Advances in Understanding the Evolution Mechanism of Micropore Defects in Metal Materials under External Loads

Abstract

Micropores are one of the critical factors affecting materials’ performance and service life. As the need for a deeper understanding of micropore evolution and damage mechanisms grows, assessing the mechanical properties of materials containing micropores and predicting the lifespan of related metal structural components becomes increasingly complex. This paper focuses on the evolution process, regularities, and research methods of micropores in metal materials. Based on recent research and practical applications, the key stages of micropore evolution are discussed, encompassing nucleation, growth, coalescence, collapse, interaction, and the influence of other microstructures. Firstly, the advantages and limitations of commonly used characterization methods such as scanning electron microscopy, transmission electron microscopy, and X-ray computed tomography are introduced in the study of micropore evolution. Subsequently, critical theoretical models for micropore evolution, such as the Gurson model and its extensions, are summarized.
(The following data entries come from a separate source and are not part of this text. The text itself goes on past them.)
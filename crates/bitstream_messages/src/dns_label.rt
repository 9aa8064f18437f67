//! A label of a domain name, or a pointer to the rest of the name (RFC 1035, 4.1.4).
//!
//! Made by `./format` from formats/dns_label.fields: edit that file and make this one anew.
ghost use Rattle.bitstream_messages.specs.DnsLabel.{dns_label_decoder, dns_label_writes, dns_label_size, dns_label_bits, Fits, becomes_dns_label, body_number, body_read, body_writes};
ghost use Rattle.bitstream_messages.specs.declared.dns_label.DnsLabel.{DnsLabel};
ghost use Rattle.bitstream_messages.specs.declared.dns_label.DnsLabelError.{DnsLabelError};
ghost use Rattle.bitstream_messages.specs.declared.dns_label.DnsLabelError.TheVariants.{Reader};
ghost use Rattle.std.specs.Prelude.{◌≡◌, ◌<◌, ◌≤◌, ◌*◌, ◌++◌, ◌⊎◌, ℕ, Bool, true, List, Ok, Err, length, IfOk, IsOk};
ghost use Rattle.std.specs.declared.io.ErrorKind.TheVariants.{WriteZero};
ghost use Rattle.bitstream_io.specs.Callers.{Done, Error, Order, High, bits, write_sequence, OwnAnswer, WritesAll, AllAccepted, sequence_length, sure_answer, GrowsOwn, MayAllocate, OutOfMemory, Stream, same_error};
ghost use Rattle.bitstream_io.specs.SliceMut.{HoldsFirst, written_bytes};

use crate::dns_pointer::DnsPointer;
use crate::dns_text::DnsText;
use bitstream_io::{
    BE, BitRead, BitReadExt, BitReader, BitWrite, BitWriteExt, Bits, Error, FromBitStreamUsing,
    SliceMut, ToBitStream, pack_into,
};
use std::alloc::Global;
use std::marker::Model;

/// A label of a domain name, or a pointer to the rest of the name (RFC 1035, 4.1.4).
///
/// ```text
///  0                   1                   2                   3
///  0 1 2 3 4 5 6 7 8 9 0 1 2 3 4 5 6 7 8 9 0 1 2 3 4 5 6 7 8 9 0 1
/// +-+-+
/// |bod|
/// +-+-+-+-+-+-+-+-+-+-+-+-+-+-+-+-+-+-+-+-+-+-+-+-+-+-+-+-+-+-+-+-+
/// /                     body (Text or Pointer)                    /
/// +-+-+-+-+-+-+-+-+-+-+-+-+-+-+-+-+-+-+-+-+-+-+-+-+-+-+-+-+-+-+-+-+
/// ```
#[derive(Debug, Drop)]
pub struct DnsLabel {
    /// The label, or the pointer.
    pub body: Body,
}

impl Model for DnsLabel {
    ghost use Rattle.bitstream_messages.specs.DnsLabelFields.{DnsLabelFields};

    ghost Value = { DnsLabelFields };

    ghost view = { λ value. record {
      body = value.body;
    } };
}

/// The errors of reading a `DnsLabel`.
#[derive(Debug, Drop, thiserror::Error)]
pub enum DnsLabelError {
    /// An error of the reader.
    #[error("{0}")]
    Reader(Error),
    /// `Body` has no case for the number before `body`.
    #[error("`Body` has no case for the number before `body`")]
    NoBody,
}

impl From<Error> for DnsLabelError {
    ghost from_gives = { becomes_dns_label };

    fn from(error: Error) -> DnsLabelError {
        DnsLabelError::Reader(error)
    }
}

/// The label, or the pointer.
#[derive(Debug, Drop)]
pub enum Body {
    /// The case for the number 0.
    Text(DnsText),
    /// The case for the number 3.
    Pointer(DnsPointer),
}

impl Body {
    /// Returns the number of the case.
    pub fn number(&self) -> u8
        ensures { result ≡ body_number self.now }
    {
        match self {
            Body::Text(_) => 0,
            Body::Pointer(_) => 3,
        }
    }

    /// Reads what follows the number of a case.
    ///
    /// # Errors
    ///
    /// `NoBody` if no case has the number, before anything is read.
    /// Otherwise the reader's errors, after which it has failed.
    pub fn read<R: BitRead>(
        reader: &mut R,
        alloc: Global,
        number: u8,
    ) -> Result<Body, DnsLabelError>
        ensures { GrowsOwn R.source becomes_dns_label (body_read R.source.order number) reader.old result reader.new }
    {
        if number == 0 {
            return Ok(Body::Text(DnsText::read(reader, alloc)?));
        }
        if number == 3 {
            return Ok(Body::Pointer(DnsPointer::read(reader)?));
        }
        Err(DnsLabelError::NoBody)
    }

    /// Writes what follows the number of the case.
    ///
    /// # Errors
    ///
    /// `Checked` for a field that does not fit its bits. The fields before it have been written.
    /// Otherwise the sink's errors.
    pub fn write<W: BitWrite>(&self, writer: &mut W) -> Result<(), Error>
        ensures { WritesAll W.sink (body_writes W.sink.order self.now) writer.old result writer.new }
    {
        match self {
            Body::Text(it) => it.write(writer),
            Body::Pointer(it) => it.write(writer),
        }
    }
}

impl DnsLabel {
    /// The number of bits before each line of the description.
    pub const PLACES: [u64; 2] = [0, 2];

    /// Reads the fields in order.
    ///
    /// # Errors
    ///
    /// `NoBody`, after the rejected bits have been read.
    /// `Reader(OutOfMemory)` if an allocation for a list fails. The items before the failure
    /// have been read.
    /// Otherwise the reader's errors, after which it has failed.
    pub fn read<R: BitRead>(reader: &mut R, alloc: Global) -> Result<DnsLabel, DnsLabelError>
        ensures { GrowsOwn R.source becomes_dns_label (dns_label_decoder R.source.order) reader.old result reader.new }
    {
        let body_tag = reader.read::<Bits<2>, u8>()?;
        let body = Body::read(reader, alloc, body_tag)?;
        Ok(DnsLabel { body })
    }

    /// Parses the value at the start of `packet`.
    ///
    /// # Errors
    ///
    /// `NoBody` if bits are rejected.
    /// `Reader(EndOfInput)` if the bytes end before the fields do.
    /// `Reader(OutOfMemory)` if the allocation for an item of a list fails.
    pub fn parse(packet: &[u8], alloc: Global) -> Result<DnsLabel, DnsLabelError>
        ensures answer { (OwnAnswer becomes_dns_label (λ answer. answer)
            (sure_answer ((dns_label_decoder High).reads 0 (bits High packet.now))) result)
            ⊎ ((result ≡ Err (DnsLabelError.Reader OutOfMemory))
            × MayAllocate (dns_label_decoder High) 0 (bits High packet.now)) }
        ensures back { (value : DnsLabel) (more : List Bool) → Fits value
            → bits High packet.now ≡ write_sequence (dns_label_writes High value) 0 ++ more
            → (result ≡ Ok value)
            ⊎ (result ≡ Err (DnsLabelError.Reader OutOfMemory)) }
    {
        dns_label_round_trip();
        DnsLabel::read(&mut BitReader::<_, BE>::over(packet), alloc)
    }

    /// Writes the fields in order.
    ///
    /// # Errors
    ///
    /// `Checked` for a field that does not fit its bits. The fields before it have been written.
    /// Otherwise the sink's errors.
    pub fn write<W: BitWrite>(&self, writer: &mut W) -> Result<(), Error>
        ensures { WritesAll W.sink (dns_label_writes W.sink.order self.now) writer.old result writer.new }
    {
        writer.write::<Bits<2>, u8>(self.body.number())?;
        self.body.write(writer)?;
        Ok(())
    }

    /// Writes the fields to the first bytes of a buffer, and returns what was written. The other bytes
    /// stay as they were. Does not allocate.
    ///
    /// # Errors
    ///
    /// `Checked` for the first field that does not fit its bits, however long the buffer is.
    /// `Stream(WriteZero)` if all fields fit, and the buffer is too short for the bits.
    /// After an error, the first bytes of the buffer may have changed.
    pub fn pack_into<'a>(&self, buffer: &'a mut [u8]) -> Result<SliceMut<'a>, Error>
        ensures packed { IfOk result (λ packed. bits High (written_bytes packed) ≡ dns_label_bits self.now) }
        ensures first { IfOk result (HoldsFirst buffer.entry.ghost_name buffer.old) }
        ensures accepted { IsOk result → AllAccepted (dns_label_writes High self.now) 0 }
        ensures misfit { (error : Error) → sequence_length (dns_label_writes High self.now) 0 ≡ Err error
            → result ≡ Err error }
        ensures room { Fits self.now → dns_label_size High self.now ≤ 8 * length buffer.old
            → IsOk result }
        ensures short { Fits self.now → 8 * length buffer.old < dns_label_size High self.now
            → result ≡ Err (Stream WriteZero) }
    {
        pack_into::<BE, DnsLabel>(self, buffer)
    }
}

impl FromBitStreamUsing for DnsLabel {
    type Context = Global;

    type Error = DnsLabelError;

    ghost grows = { true };

    ghost becomes = { becomes_dns_label };

    ghost reads = { λ o _. dns_label_decoder o };

    fn from_reader<R: BitRead>(reader: &mut R, alloc: Global) -> Result<DnsLabel, DnsLabelError> {
        DnsLabel::read(reader, alloc)
    }
}

impl ToBitStream for DnsLabel {
    type Error = Error;

    ghost becomes = { same_error };

    ghost writes = { dns_label_writes };

    fn to_writer<W: BitWrite>(&self, writer: &mut W) -> Result<(), Error> {
        self.write(writer)
    }
}

/// A value that fits its bits is read back as it was written, in either order of bits, at any place.
/// The read takes only the bits that were written: `dns_label_size` is their number.
pub fn dns_label_round_trip()
    ensures back { (o : Order) (value : DnsLabel) (at from : ℕ) (more : List Bool) → Fits value
        → let written = write_sequence (dns_label_writes o value) at in
        (dns_label_decoder o).reads from (written ++ more) ≡ Done (length written) (Ok (Ok value)) }
    ensures size { (o : Order) (value : DnsLabel) (at : ℕ) → Fits value
        → length (write_sequence (dns_label_writes o value) at) ≡ dns_label_size o value }
{}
By using a multiscale approach combining the crystal plasticity finite element method, dislocation dynamics, and molecular dynamics, the factors influencing the micropore evolution, such as external stress conditions, internal microstructures, and micropore characteristics, are specifically elaborated, and the basic physical mechanisms of micropore evolution are analyzed. Finally, a comprehensive review and summary of current research trends and key findings are provided, and a forward-looking perspective on future research directions is presented.